_TASK ITEM_
Go to the line containing "pub use operand_range::OperandRange;" in the records below and retype from there through the final line, exactly.

--*--

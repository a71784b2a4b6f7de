//! The syntax of the assembler: lines, numbers, expressions, and the names of registers and instructions.
//!
//! The functions here read one piece of a text each. Assembler, disassembler and the readers of scripts share them.
//!
//! The definitions in `specs` are the whole syntax. Which words a source text assembles to, or at which line it is refused and
//! why, is in `rsp_syntax/specs/SourceText.antt`; how a word is disassembled in `rsp_syntax/specs/Disassembly.antt`. No function of this crate
//! does either as a whole.
#![tactic(auto)]

mod expression;
mod fault;
mod hex;
mod line_bytes;
mod name_bytes;
mod names;
mod numbers;
mod operand_range;
mod table;

pub use expression::{Expression, is_label, read_expression};
pub use fault::{AsmFault, AsmFaultKind};
pub use hex::hex_digit;
pub use line_bytes::{
    Boundary, MAX_LINE_LEN, cut, has_line_bytes, is_line, is_same, len_before, len_before_blank,
    skip_blanks, trim, without_return,
};
pub use names::{
    read_control, read_element, read_scalar, read_sp_register, read_vector, small_number,
};
pub use numbers::read_unsigned;
pub use operand_range::OperandRange;
pub use table::{find_row, select_row};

--*--

_ANSWER SPACE_
pub use operand_range::OperandRange;
pub use table::{find_row, select_row};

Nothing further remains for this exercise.